Matt I am so very sorry for your loss


----------



## susanne (Jun 11, 2010)

Matt and Kevin, I am so sorry.


----------



## Watcheye (Jun 11, 2010)

Oh my heart just sank when I read this. Im so so sorry.


----------



## Vertical Limit (Jun 11, 2010)

I'm so sorry guys! What a loss. He was such a beautiful boy! No doubt you did the right thing.

Hugs,

Carol


----------



## White Socks Miniature (Jun 11, 2010)

Im so sorry to hear about your boy! I was really hoping for a different outcome, its so hard to lose one of these little creatures!


----------



## Charley (Jun 11, 2010)

I am so sorry for your loss.


----------



## Lucky-C-Acres-Minis (Jun 11, 2010)

Oh Matt and Kevin I'm sooo sorry!



(((HUGS)))


----------



## SampleMM (Jun 11, 2010)

Oh no, I am so sorry for your loss.



My heart goes out to you and Kevin.


----------



## lilnickers (Jun 11, 2010)

So sorry about your Royal. He was certainly very blessed to have you and you did all you could to help him. He knows this.

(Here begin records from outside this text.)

//! Integers that are rewritten in a style.
ghost use Rattle.std.specs.Prelude.{◌≡◌, ◌<◌, ◌∷◌, [], ◌++◌, map, filter, length, string_bytes, IfOk, OnOk, IsTrue, if◌then◌else◌};
ghost use Rattle.std.specs.Char.{is_ascii_digit};
ghost use Rattle.std.specs.List.{list_any};
ghost use Rattle.std.specs.Str.{chars, IsAscii};
ghost use Rattle.litrs_base.specs.Base.{prefix};
ghost use Rattle.litrs_base.specs.Characters.{underscore};
ghost use Rattle.litrs_base.specs.Numeral.{is_no_underscore};
ghost use Rattle.litrs_base.specs.Text.{first_passes};
ghost use Rattle.litrs_grammar.specs.Float.{is_underscore};
ghost use Rattle.litrs_grammar.specs.Integer.{integer_text};
ghost use Rattle.litrs.specs.Digits.{digits_of};
ghost use Rattle.litrs.specs.IntegerLiteral.{integer_parts};
ghost use Rattle.litrs_build.specs.BuiltInteger.{needs_separator};
ghost use Rattle.litrs_build.specs.RewrittenInteger.{cased, len_of, group_of, rewritten_integer};
ghost use Rattle.litrs_build.specs.WrittenDigits.{grouped};

use crate::integers::{ends_group, grouped_len, needs_separator, push_digit, separator};
use crate::style::{Case, GroupLens, Groups, Style};
use litrs::{IntegerBase, IntegerLit, Text};
use std::alloc::{AllocError, Global};

/// Returns the text of `lit`, rewritten in `style`.
pub(crate) fn rewritten_integer<B: Text>(
    alloc: Global,
    lit: &IntegerLit<B>,
    style: &Style,
) -> Result<String, AllocError>
    ensures { IfOk result (λ text. chars (string_bytes text)
        ≡ integer_text (rewritten_integer style.now (integer_parts lit.now))) }
{
    // Called for its contract: the parts are those of an integer.
    let _ = lit.raw_input();
    let base = lit.base();
    let main = lit.raw_main_part().as_bytes();
    match group_of(style.groups, base, main) {
        None => kept_text(alloc, base, main, style.digits, lit.suffix()),
        Some(group) => grouped_text(alloc, base, main, group, style.digits, lit.suffix()),
    }
}

/// Returns the number of digits of a group, or `None` if each `_` stays where it is.
fn group_of(groups: Groups, base: IntegerBase, main: &[u8]) -> Option<usize>
    ensures { result ≡ group_of groups base main.now }
{
    match groups {
        Groups::Kept => None,
        Groups::Regrouped(lens) => {
            if has_underscore(main) {
                Some(len_of(lens, base))
            } else {
                None
            }
        }
        Groups::Grouped(lens) => Some(len_of(lens, base)),
    }
}

/// Returns `true` if `main` contains `_`.
pub(crate) fn has_underscore(main: &[u8]) -> bool
    ensures { result ≡ list_any is_underscore main.now }
{
    main.iter().any(|byte| *byte == b'_')
}

/// Returns the number of digits of a group in `base`.
fn len_of(lens: GroupLens, base: IntegerBase) -> usize
    ensures { result ≡ len_of lens base }
{
    match base {
        IntegerBase::Binary => lens.binary,
        IntegerBase::Octal => lens.octal,
        IntegerBase::Decimal => lens.decimal,
        IntegerBase::Hexadecimal => lens.hexadecimal,
    }
}

/// Writes the text with this main part, its digits in this case, and with this suffix.
fn kept_text(
    alloc: Global,
    base: IntegerBase,
    main: &[u8],
    case: Option<Case>,
    suffix: &str,
) -> Result<String, AllocError>
    requires ascii { IsAscii main.now }
    ensures { IfOk result (λ text. string_bytes text
        ≡ (prefix base ++ map (cased case) main.now) ++ suffix.now) }
{
    let prefix = base.prefix();
    let len = main
        .len()
        .saturating_add(prefix.len())
        .saturating_add(suffix.len());
    // bounded by the length of the text.
    let mut text = String::with_capacity(alloc, len)?;
    text.push_str(prefix)?;
    push_cased(&mut text, main, case)?;
    text.push_str(suffix)?;
    Ok(text)
}

/// Writes the text with these digits in groups and in this case, and with this suffix.
fn grouped_text(
    alloc: Global,
    base: IntegerBase,
    main: &[u8],
    group: usize,
    case: Option<Case>,
    suffix: &str,
) -> Result<String, AllocError>
    requires ascii { IsAscii main.now }
    requires decimal { base ≡ IntegerBase.Decimal → IsTrue (first_passes is_ascii_digit main.now) }
    ensures { IfOk result (λ text. string_bytes text
        ≡ ((prefix base ++ grouped group (map (cased case) (filter is_no_underscore main.now)))
        ++ (if needs_separator base (digits_of main.now) (chars suffix.now)
        then underscore ∷ [] else [])) ++ suffix.now) }
{
    let digits = count_digits(main);
    let separator = separator(needs_separator(base, main, digits, suffix));
    let prefix = base.prefix();
    let len = grouped_len(digits, group)
        .saturating_add(prefix.len() + separator.len())
        .saturating_add(suffix.len());
    // bounded by the length of the text, which was counted.
    let mut text = String::with_capacity(alloc, len)?;
    text.push_str(prefix)?;
    push_cased_groups(&mut text, main, digits, group, case)?;
    text.push_str(separator)?;
    text.push_str(suffix)?;
    Ok(text)
}

/// Returns the number of digits among these digits and underscores.
pub(crate) fn count_digits(main: &[u8]) -> usize
    ensures { result ≡ length (filter is_no_underscore main.now) }
{
    main.iter().filter(|byte| **byte != b'_').count()
}

/// Appends `main`, its digits in this case.
fn push_cased(text: &mut String, main: &[u8], case: Option<Case>) -> Result<(), AllocError>
    requires { IsAscii main.now }
    ensures { OnOk result (string_bytes text.new
        ≡ string_bytes text.old ++ map (cased case) main.now) }
{
    for byte in main {
        push_digit(text, cased(case, *byte), false)?;
    }
    Ok(())
}

/// Appends the digits, whose number is `digits`, in groups and in this case.
pub(crate) fn push_cased_groups(
    text: &mut String,
    main: &[u8],
    digits: usize,
    group: usize,
    case: Option<Case>,
) -> Result<(), AllocError>
    requires count { digits ≡ length (filter is_no_underscore main.now) }
    requires ascii { IsAscii main.now }
    ensures { OnOk result (string_bytes text.new ≡ string_bytes text.old
        ++ grouped group (map (cased case) (filter is_no_underscore main.now))) }
{
    let mut after = digits;
    for byte in main {
        if *byte == b'_' {
            continue;
        }
        after -= 1;
        push_digit(text, cased(case, *byte), ends_group(group, after))?;
    }
    Ok(())
}

/// Returns `byte` in this case.
pub(crate) fn cased(case: Option<Case>, byte: u8) -> u8
    ensures value { result ≡ cased case byte }
    ensures ascii { byte < 128 → result < 128 }
{
    match case {
        None => byte,
        Some(Case::Lower) => byte.to_ascii_lowercase(),
        Some(Case::Upper) => byte.to_ascii_uppercase(),
    }
}
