//! Chars and bytes.
ghost use Rattle.std.specs.Prelude.{◌≡◌, ◌∷◌, ◌++◌, [], IfOk, IfErr, IsTrue, string_bytes, encode_utf8_all};
ghost use Rattle.std.specs.Str.{chars};
ghost use Rattle.litrs_base.specs.declared.quotes.CharKind.TheVariants.{Char as char_kind, Byte as byte_kind};
ghost use Rattle.litrs_grammar.specs.CharByte.{char_text, char_value};
ghost use Rattle.litrs_grammar.specs.Quoted.{item_text};
ghost use Rattle.litrs_grammar.specs.Suffix.{is_suffix};
ghost use Rattle.litrs.specs.CharLiteral.{char_parts, byte_parts};
ghost use Rattle.litrs_build.specs.Errors.{suffix_error, IsErrorOf};
ghost use Rattle.litrs_build.specs.Spelling.{spelled_item};
ghost use Rattle.litrs_build.specs.Written.{written_char, written_byte};

use crate::error::BuildError;
use crate::spelling::Spelling;
use crate::style::Case;
use litrs::{ByteLit, CharLit};
use litrs_lex::check_suffix;
use std::alloc::Global;

/// Builds the char with this value and this suffix, which may be empty, for example `'a'`, `'\n'`
/// or `'\u{200b}'`. See [the reference][ref].
///
/// There is one allocation, for the text.
///
/// # Errors
///
/// Returns `NotASuffix` if `suffix` is neither empty nor an identifier other than `_`, otherwise
/// `Memory` if an allocation fails.
///
/// [ref]: https://doc.rust-lang.org/reference/tokens.html#character-literals
pub fn char(alloc: Global, value: char, suffix: &str) -> Result<CharLit<String>, BuildError>
    ensures written { IfOk result (λ lit.
        chars lit.raw ≡ char_text char_kind (written_char value (chars suffix.now))) }
    ensures parts { IfOk result (λ lit. char_parts lit ≡ written_char value (chars suffix.now)) }
    ensures value { IfOk result (λ lit. char_value (char_parts lit).item ≡ value) }
    ensures suffix { IfOk result (λ _. IsTrue (is_suffix (chars suffix.now))) }
    ensures refused { IfErr result (IsErrorOf (suffix_error (chars suffix.now))) }
{
    let spelling = Spelling::of_char(value, '\'', true);
    let text = write_spelling(alloc, "'", spelling, suffix)?;
    match CharLit::parse(text) {
        Ok(lit) => Ok(lit),
        Err(_) => unreachable!(),
    }
}

/// Builds the byte with this value and this suffix, which may be empty, for example `b'a'`, `b'\n'`
/// or `b'\xff'`. See [the reference][ref].
///
/// There is one allocation, for the text.
///
/// # Errors
///
/// Returns `NotASuffix` if `suffix` is neither empty nor an identifier other than `_`, otherwise
/// `Memory` if an allocation fails.
///
/// [ref]: https://doc.rust-lang.org/reference/tokens.html#byte-literals
pub fn byte(alloc: Global, value: u8, suffix: &str) -> Result<ByteLit<String>, BuildError>
    ensures written { IfOk result (λ lit.
        chars lit.raw ≡ char_text byte_kind (written_byte value (chars suffix.now))) }
    ensures parts { IfOk result (λ lit. byte_parts lit ≡ written_byte value (chars suffix.now)) }
    ensures value { IfOk result (λ lit. char_value (byte_parts lit).item ≡ value) }
    ensures suffix { IfOk result (λ _. IsTrue (is_suffix (chars suffix.now))) }
    ensures refused { IfErr result (IsErrorOf (suffix_error (chars suffix.now))) }
{
    let spelling = Spelling::of_byte(value, '\'');
    let text = write_spelling(alloc, "b'", spelling, suffix)?;
    match ByteLit::parse(text) {
        Ok(lit) => Ok(lit),
        Err(_) => unreachable!(),
    }
}

/// Writes the text of a char or a byte: `front`, the character, a quote and `suffix`.
fn write_spelling(
    alloc: Global,
    front: &str,
    spelling: Spelling,
    suffix: &str,
) -> Result<String, BuildError>
    ensures text { IfOk result (λ text. string_bytes text ≡ ((front.now
        ++ encode_utf8_all (item_text (spelled_item spelling))) ++ 39 ∷ []) ++ suffix.now) }
    ensures suffix { IfOk result (λ _. IsTrue (is_suffix (chars suffix.now))) }
    ensures refused { IfErr result (IsErrorOf (suffix_error (chars suffix.now))) }
{
    if check_suffix(suffix).is_err() {
        return Err(BuildError::NotASuffix);
    }
    // The longest spelling has ten bytes, and the front and the quote have at most three.
    let len = suffix
        .len()
        .saturating_add(front.len())
        .saturating_add(spelling.len() + 1);
    // bounded by the length of the text, which was counted.
    let mut text = String::with_capacity(alloc, len)?;
    text.push_str(front)?;
    spelling.push_to(&mut text, Case::Lower)?;
    text.push('\'')?;
    text.push_str(suffix)?;
    Ok(text)
}
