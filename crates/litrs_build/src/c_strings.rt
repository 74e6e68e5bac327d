//! C strings.
ghost use Rattle.std.specs.Prelude.{◌≡◌, ◌≤◌, ◌<◌, ◌++◌, ◌∷◌, [], true, None, IfOk, IfErr, OnOk, string_bytes, encode_utf8_all, codes, length, take, position, slice_index, ◌+◌};
ghost use Rattle.std.specs.Str.{chars, continuation_len};
ghost use Rattle.litrs_base.specs.declared.quotes.StringKind.TheVariants.{CString as c_string_kind};
ghost use Rattle.litrs_grammar.specs.Quoted.{body_text};
ghost use Rattle.litrs_grammar.specs.Raw.{is_nul};
ghost use Rattle.litrs_grammar.specs.Literal.{string_value};
ghost use Rattle.litrs_grammar.specs.LiteralText.{string_text};
ghost use Rattle.litrs_build.specs.CStrings.{first_char, spelling_or_byte, len_or_byte, c_items, written_c_string, c_string_error};
ghost use Rattle.litrs_build.specs.Errors.{IsErrorOf};
ghost use Rattle.litrs_build.specs.Pieces.{is_escape, piece_text};

use crate::error::{BuildError, memory_error};
use crate::pieces::{Piece, plain_front};
use crate::spelling::Spelling;
use litrs::CStringLit;
use litrs_lex::check_suffix;
use memchr::memchr;
use std::alloc::{AllocError, Global};
use std::str;

/// Builds the C string with this value, given without its closing NUL, and with this suffix, which
/// may be empty, for example `c"é\xff"`. Bytes that are UTF-8 are written as text. See
/// [the reference][ref].
///
/// There is one allocation for the text, and one for the value.
///
/// # Errors
///
/// Returns `NotASuffix` if `suffix` is neither empty nor an identifier other than `_`, otherwise
/// `HasNul` if `value` contains a NUL, otherwise `Memory` if an allocation fails.
///
/// [ref]: https://doc.rust-lang.org/reference/tokens.html#c-string-literals
pub fn c_string(alloc: Global, value: &[u8], suffix: &str) -> Result<CStringLit<String>, BuildError>
    ensures written { IfOk result (λ lit. chars lit.raw
        ≡ string_text c_string_kind (written_c_string value.now (chars suffix.now))) }
    ensures parts { IfOk result (λ lit. lit.parts ≡ written_c_string value.now (chars suffix.now)) }
    ensures value { IfOk result (λ lit. string_value lit.parts ≡ value.now) }
    ensures possible { IfOk result (λ _. c_string_error value.now (chars suffix.now) ≡ None) }
    ensures refused { IfErr result (IsErrorOf (c_string_error value.now (chars suffix.now))) }
{
    let text = write_c_string(alloc, value, suffix)?;
    match CStringLit::parse(alloc, text) {
        Ok(lit) => Ok(lit),
        Err(e) => Err(memory_error(&e)),
    }
}

fn write_c_string(alloc: Global, value: &[u8], suffix: &str) -> Result<String, BuildError>
    ensures text { IfOk result (λ text. string_bytes text ≡ ((codes "c\""
        ++ encode_utf8_all (body_text (c_items 0 true value.now))) ++ 34 ∷ []) ++ suffix.now) }
    ensures possible { IfOk result (λ _. c_string_error value.now (chars suffix.now) ≡ None) }
    ensures refused { IfErr result (IsErrorOf (c_string_error value.now (chars suffix.now))) }
{
    if let Some(e) = c_string_error(value, suffix) {
        return Err(e);
    }
    let len = c_bytes_len(value)
        .saturating_add(suffix.len())
        .saturating_add(3);
    // bounded by the length of the text, which was counted.
    let mut text = String::with_capacity(alloc, len)?;
    text.push_str("c\"")?;
    push_c_bytes(&mut text, value)?;
    text.push('"')?;
    text.push_str(suffix)?;
    Ok(text)
}

/// Returns the reason why no C string has this value and this suffix, if there is one.
pub(crate) fn c_string_error(value: &[u8], suffix: &str) -> Option<BuildError>
    ensures { result ≡ c_string_error value.now (chars suffix.now) }
{
    if check_suffix(suffix).is_err() {
        return Some(BuildError::NotASuffix);
    }
    let at = nul_place(value)?;
    Some(BuildError::HasNul { at })
}

/// Returns the index of the first NUL.
#[tactic(auto, using(crate::proofs::NulPlaces::first_byte_is_position))]
fn nul_place(bytes: &[u8]) -> Option<usize>
    ensures { result ≡ position is_nul bytes.now }
{
    memchr(0, bytes)
}

/// Returns the length in bytes of `value`, escaped.
fn c_bytes_len(value: &[u8]) -> usize {
    let mut len: usize = 0;
    let mut follows_mark = true;
    let mut rest = value;
    while !rest.is_empty() {
        let (piece, after) = first_piece(rest, follows_mark);
        len = len.saturating_add(piece.len());
        follows_mark = piece.is_escape();
        rest = after;
    }
    len
}

/// Appends `value`, escaped.
fn push_c_bytes(text: &mut String, value: &[u8]) -> Result<(), AllocError>
    ensures { OnOk result (string_bytes text.new
        ≡ string_bytes text.old ++ encode_utf8_all (body_text (c_items 0 true value.now))) }
{
    let mut follows_mark = true;
    let mut rest = value;
    while !rest.is_empty() {
        let (piece, after) = first_piece(rest, follows_mark);
        piece.push_to(text)?;
        follows_mark = piece.is_escape();
        rest = after;
    }
    Ok(())
}

/// Splits the first piece off `bytes`, which are not empty.
#[inline(always)]
fn first_piece(bytes: &[u8], follows_mark: bool) -> (Piece<'_>, &[u8])
    requires { 0 < length bytes.now }
    ensures text { encode_utf8_all (body_text (c_items 0 follows_mark bytes.now))
        ≡ piece_text result.0
        ++ encode_utf8_all (body_text (c_items 0 (is_escape result.0) result.1.now)) }
    ensures shorter { length result.1.now < length bytes.now }
{
    let plain = plain_front(bytes);
    if !plain.is_empty() {
        return (Piece::Plain(plain), &bytes[plain.len()..]);
    }
    let (spelling, count) = first_spelling(bytes, follows_mark);
    (Piece::Spelled(spelling), &bytes[count..])
}

/// Returns the spelling of the character that the bytes begin with, or of their first byte, and its
/// length in bytes.
fn first_spelling(bytes: &[u8], follows_mark: bool) -> (Spelling, usize)
    requires { 0 < length bytes.now }
    ensures spelling { result.0
        ≡ spelling_or_byte follows_mark (slice_index bytes.now 0) (first_char bytes.now) }
    ensures count { result.1 ≡ len_or_byte (first_char bytes.now) }
    ensures some { 0 < result.1 }
    ensures within { result.1 ≤ length bytes.now }
{
    match first_char(bytes) {
        Some(c) => (Spelling::of_char(c, '"', follows_mark), c.len_utf8()),
        None => (Spelling::Hex(bytes[0]), 1),
    }
}

/// Returns the character whose UTF-8 the bytes begin with.
fn first_char(bytes: &[u8]) -> Option<char>
    requires { 0 < length bytes.now }
    ensures { result ≡ first_char bytes.now }
{
    match str::from_utf8(first_bytes(bytes, char_len(bytes[0]))) {
        Ok(text) => text.chars().next(),
        Err(_) => None,
    }
}

/// Returns the length in bytes of a character whose UTF-8 begins with this byte.
fn char_len(first: u8) -> usize
    ensures { result ≡ 1 + continuation_len first }
{
    if first < 0x80 {
        1
    } else if first < 0xe0 {
        2
    } else if first < 0xf0 {
        3
    } else {
        4
    }
}

/// Returns the first `count` bytes, or all if there are fewer.
fn first_bytes(bytes: &[u8], count: usize) -> &[u8]
    ensures { result.now ≡ take count bytes.now }
{
    if count < bytes.len() {
        &bytes[..count]
    } else {
        bytes
    }
}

R.I.P. Royal.


----------



## Shortpig (Jun 11, 2010)

Matt I am so sorry to hear this. My thoughts and prayers are with you and Kevin. Royal will be standing so proud at the Rainbow bridge waiting for the day he sees you again.

Marie


----------



## Genie (Jun 11, 2010)

We offer our deepest sympathy. Such a hard decision.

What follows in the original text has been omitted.